▸ Work instruction
The records are to be repeated in full. Every line must match.

Records from a collection
[Start of section]

//! What is built of one class, behind what was built of others.
ghost use Rattle.std.specs.Prelude.{◌≡◌, ◌++◌, OnOk};

use ode_value::List;
use std::alloc::AllocError;

/// Puts the members of one list behind those of another.
pub fn put_behind<T: Drop>(list: &mut List<T>, own: List<T>) -> Result<(), AllocError>
    ensures { OnOk result (list.new ≡ list.old ++ own) }
{
    'own: for item in own.into_vec() {
        list.push(item)?;
    }
    Ok(())
}
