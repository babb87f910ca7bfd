//! A declaration, compiled.
ghost use Rattle.std.specs.Prelude.{◌≡◌, IfOk, length};
ghost use Rattle.std.specs.List.{AllByRecursion};
ghost use Rattle.ode_value.specs.Answers.{checks};
ghost use Rattle.ode_value.specs.Lengths.{class_records};
ghost use Rattle.ode_value.specs.PrintedClasses.{decl_text};
ghost use Rattle.ode_types.specs.Checked.{IsChecked};
ghost use Rattle.ode_types.specs.Static.{check_grown};
ghost use Rattle.ode_compile.specs.Answers.{Answers, Gives, Passes};
ghost use Rattle.ode_compile.specs.Compiling.{AreCompiled, HaveNumbers, IsShrunk, compiled, compiled_grown, counted_sizes, few_records, tree_counts};

use crate::counting::class_records;
use crate::shrinking::shrink_all;
use crate::stop::CompileStop;
use crate::triggers::compile_triggers;
use ode_checker::check_grown;
use ode_print::print_class;
use ode_symbols::Alphabet;
use ode_table::Table;
use ode_types::{CheckStop, Classes};
use ode_value::limits::CLASS_LIMIT;
use ode_value::{Added, Class, ClassDecl, List, Refusal};
use std::alloc::Global;

/// A declared class as it was checked, the printed text of its tree, and a table and an alphabet for each of its triggers, in order.
#[derive(Drop)]
pub struct Compiled {
    pub class: Class,
    pub text: List<u8>,
    pub tables: List<Table>,
    pub alphabets: List<Alphabet>,
    /// For each trigger in order the trees of its event: with how many states its table counts.
    pub counts: List<u16>,
}

fn checked(
    alloc: Global,
    known: &Classes,
    added: &[Added],
    decl: &ClassDecl,
) -> Result<Class, CompileStop>
    ensures { Gives (checks (check_grown known.now added.now decl.now)) result }
{
    match check_grown(alloc, known, added, decl) {
        Ok(class) => Ok(class),
        Err(CheckStop::Memory) => Err(CompileStop::Memory),
        Err(CheckStop::Broken(broken)) => Err(CompileStop::Refused(Refusal::Check(broken))),
    }
}

// Whether the records of a class are few, where its tables count with so many states. What 32 bits don't count is no memory for.
#[tactic(auto, unfolding(ode_value::specs::Limits::class_limit))]
fn few_records(text: &[u8], counts: &[u16], tables: &[Table]) -> Result<(), CompileStop>
    requires { length counts.now ≡ length tables.now }
    ensures { Passes (few_records (class_records (length text.now) (counted_sizes counts.now tables.now))) result }
{
    match class_records(text, counts, tables) {
        Some(count) if count <= CLASS_LIMIT => Ok(()),
        Some(count) => Err(CompileStop::Refused(Refusal::ClassTooLarge { count })),
        None => Err(CompileStop::Memory),
    }
}

/// The class of a declaration with fields that were added to it, behind those that are known, compiled, or its first refusal: the static
/// rules, then for each trigger in order its symbols before its states, then the number of records. Each number of a `choose` or an `every` is in its range, as in
/// each tree that a text has. The states of each table are the trees of its event.
pub fn build_class(
    alloc: Global,
    known: &Classes,
    added: &[Added],
    decl: &ClassDecl,
) -> Result<Compiled, CompileStop>
    requires numbers { HaveNumbers decl.now }
    ensures answers { Answers decl.now (compiled_grown known.now added.now decl.now) result }
    ensures checked { IfOk result (λ made. IsChecked known.now made.class) }
    ensures text { IfOk result (λ made. made.text ≡ decl_text decl.now) }
    ensures tables { IfOk result (λ made. AreCompiled made.class.triggers made.tables made.alphabets) }
    ensures counts { IfOk result (λ made. made.counts ≡ tree_counts made.class.triggers) }
{
    let class = checked(alloc, known, added, decl)?;
    let (tables, alphabets, counts) = compile_triggers(alloc, class.triggers.as_slice())?;
    let text = print_class(alloc, decl)?;
    few_records(text.as_slice(), counts.as_slice(), tables.as_slice())?;
    Ok(Compiled {
        class,
        text,
        tables,
        alphabets,
        counts,
    })
}

/// The same of a class as it is declared, with the least tables, each of which counts with as many states as its event has trees.
#[tactic(auto, using(crate::proofs::LeastLaws::least_compiled, crate::proofs::LeastLaws::least_shrunk))]
pub fn compile(alloc: Global, known: &Classes, decl: &ClassDecl) -> Result<Compiled, CompileStop>
    requires numbers { HaveNumbers decl.now }
    ensures answers { Answers decl.now (compiled known.now decl.now) result }
    ensures checked { IfOk result (λ made. IsChecked known.now made.class) }
    ensures text { IfOk result (λ made. made.text ≡ decl_text decl.now) }
    ensures tables { IfOk result (λ made. AreCompiled made.class.triggers made.tables made.alphabets) }
    ensures counts { IfOk result (λ made. made.counts ≡ tree_counts made.class.triggers) }
    ensures shrunk { IfOk result (λ made. AllByRecursion IsShrunk made.tables) }
{
    let Compiled {
        class,
        text,
        tables,
        alphabets,
        counts,
    } = build_class(alloc, known, &[], decl)?;
    let tables = shrink_all(alloc, tables.as_slice())?;
    Ok(Compiled {
        class,
        text,
        tables,
        alphabets,
        counts,
    })
}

[End of section]

▸ Solution for this exercise
//! What is built of one class, behind what was built of others.
ghost use Rattle.std.specs.Prelude.{◌≡◌, ◌++◌, OnOk};

use ode_value::List;
use std::alloc::AllocError;

/// Puts the members of one list behind those of another.
pub fn put_behind<T: Drop>(list: &mut List<T>, own: List<T>) -> Result<(), AllocError>
    ensures { OnOk result (list.new ≡ list.old ++ own) }
{
    'own: for item in own.into_vec() {
        list.push(item)?;
    }
    Ok(())
}
repository babb87f910ca7bfd
//! A declaration, compiled.
ghost use Rattle.std.specs.Prelude.{◌≡◌, IfOk, length};
ghost use Rattle.std.specs.List.{AllByRecursion};
ghost use Rattle.ode_value.specs.Answers.{checks};
ghost use Rattle.ode_value.specs.Lengths.{class_records};
ghost use Rattle.ode_value.specs.PrintedClasses.{decl_text};
ghost use Rattle.ode_types.specs.Checked.{IsChecked};
ghost use Rattle.ode_types.specs.Static.{check_grown};
ghost use Rattle.ode_compile.specs.Answers.{Answers, Gives, Passes};
ghost use Rattle.ode_compile.specs.Compiling.{AreCompiled, HaveNumbers, IsShrunk, compiled, compiled_grown, counted_sizes, few_records, tree_counts};

use crate::counting::class_records;
use crate::shrinking::shrink_all;
use crate::stop::CompileStop;
use crate::triggers::compile_triggers;
use ode_checker::check_grown;
use ode_print::print_class;
use ode_symbols::Alphabet;
use ode_table::Table;
use ode_types::{CheckStop, Classes};
use ode_value::limits::CLASS_LIMIT;
use ode_value::{Added, Class, ClassDecl, List, Refusal};
use std::alloc::Global;

/// A declared class as it was checked, the printed text of its tree, and a table and an alphabet for each of its triggers, in order.
#[derive(Drop)]
pub struct Compiled {
    pub class: Class,
    pub text: List<u8>,
    pub tables: List<Table>,
    pub alphabets: List<Alphabet>,
    /// For each trigger in order the trees of its event: with how many states its table counts.
    pub counts: List<u16>,
}

fn checked(
    alloc: Global,
    known: &Classes,
    added: &[Added],
    decl: &ClassDecl,
) -> Result<Class, CompileStop>
    ensures { Gives (checks (check_grown known.now added.now decl.now)) result }
{
    match check_grown(alloc, known, added, decl) {
        Ok(class) => Ok(class),
        Err(CheckStop::Memory) => Err(CompileStop::Memory),
        Err(CheckStop::Broken(broken)) => Err(CompileStop::Refused(Refusal::Check(broken))),
    }
}

// Whether the records of a class are few, where its tables count with so many states. What 32 bits don't count is no memory for.
#[tactic(auto, unfolding(ode_value::specs::Limits::class_limit))]
fn few_records(text: &[u8], counts: &[u16], tables: &[Table]) -> Result<(), CompileStop>
    requires { length counts.now ≡ length tables.now }
    ensures { Passes (few_records (class_records (length text.now) (counted_sizes counts.now tables.now))) result }
{
    match class_records(text, counts, tables) {
        Some(count) if count <= CLASS_LIMIT => Ok(()),
        Some(count) => Err(CompileStop::Refused(Refusal::ClassTooLarge { count })),
        None => Err(CompileStop::Memory),
    }
}

/// The class of a declaration with fields that were added to it, behind those that are known, compiled, or its first refusal: the static
/// rules, then for each trigger in order its symbols before its states, then the number of records. Each number of a `choose` or an `every` is in its range, as in
/// each tree that a text has. The states of each table are the trees of its event.
pub fn build_class(
    alloc: Global,
    known: &Classes,
    added: &[Added],
    decl: &ClassDecl,
) -> Result<Compiled, CompileStop>
    requires numbers { HaveNumbers decl.now }
    ensures answers { Answers decl.now (compiled_grown known.now added.now decl.now) result }
    ensures checked { IfOk result (λ made. IsChecked known.now made.class) }
    ensures text { IfOk result (λ made. made.text ≡ decl_text decl.now) }
    ensures tables { IfOk result (λ made. AreCompiled made.class.triggers made.tables made.alphabets) }
    ensures counts { IfOk result (λ made. made.counts ≡ tree_counts made.class.triggers) }
{
    let class = checked(alloc, known, added, decl)?;
    let (tables, alphabets, counts) = compile_triggers(alloc, class.triggers.as_slice())?;
    let text = print_class(alloc, decl)?;
    few_records(text.as_slice(), counts.as_slice(), tables.as_slice())?;
    Ok(Compiled {
        class,
        text,
        tables,
        alphabets,
        counts,
    })
}

/// The same of a class as it is declared, with the least tables, each of which counts with as many states as its event has trees.
#[tactic(auto, using(crate::proofs::LeastLaws::least_compiled, crate::proofs::LeastLaws::least_shrunk))]
pub fn compile(alloc: Global, known: &Classes, decl: &ClassDecl) -> Result<Compiled, CompileStop>
    requires numbers { HaveNumbers decl.now }
    ensures answers { Answers decl.now (compiled known.now decl.now) result }
    ensures checked { IfOk result (λ made. IsChecked known.now made.class) }
    ensures text { IfOk result (λ made. made.text ≡ decl_text decl.now) }
    ensures tables { IfOk result (λ made. AreCompiled made.class.triggers made.tables made.alphabets) }
    ensures counts { IfOk result (λ made. made.counts ≡ tree_counts made.class.triggers) }
    ensures shrunk { IfOk result (λ made. AllByRecursion IsShrunk made.tables) }
{
    let Compiled {
        class,
        text,
        tables,
        alphabets,
        counts,
    } = build_class(alloc, known, &[], decl)?;
    let tables = shrink_all(alloc, tables.as_slice())?;
    Ok(Compiled {
        class,
        text,
        tables,
        alphabets,
        counts,
    })
}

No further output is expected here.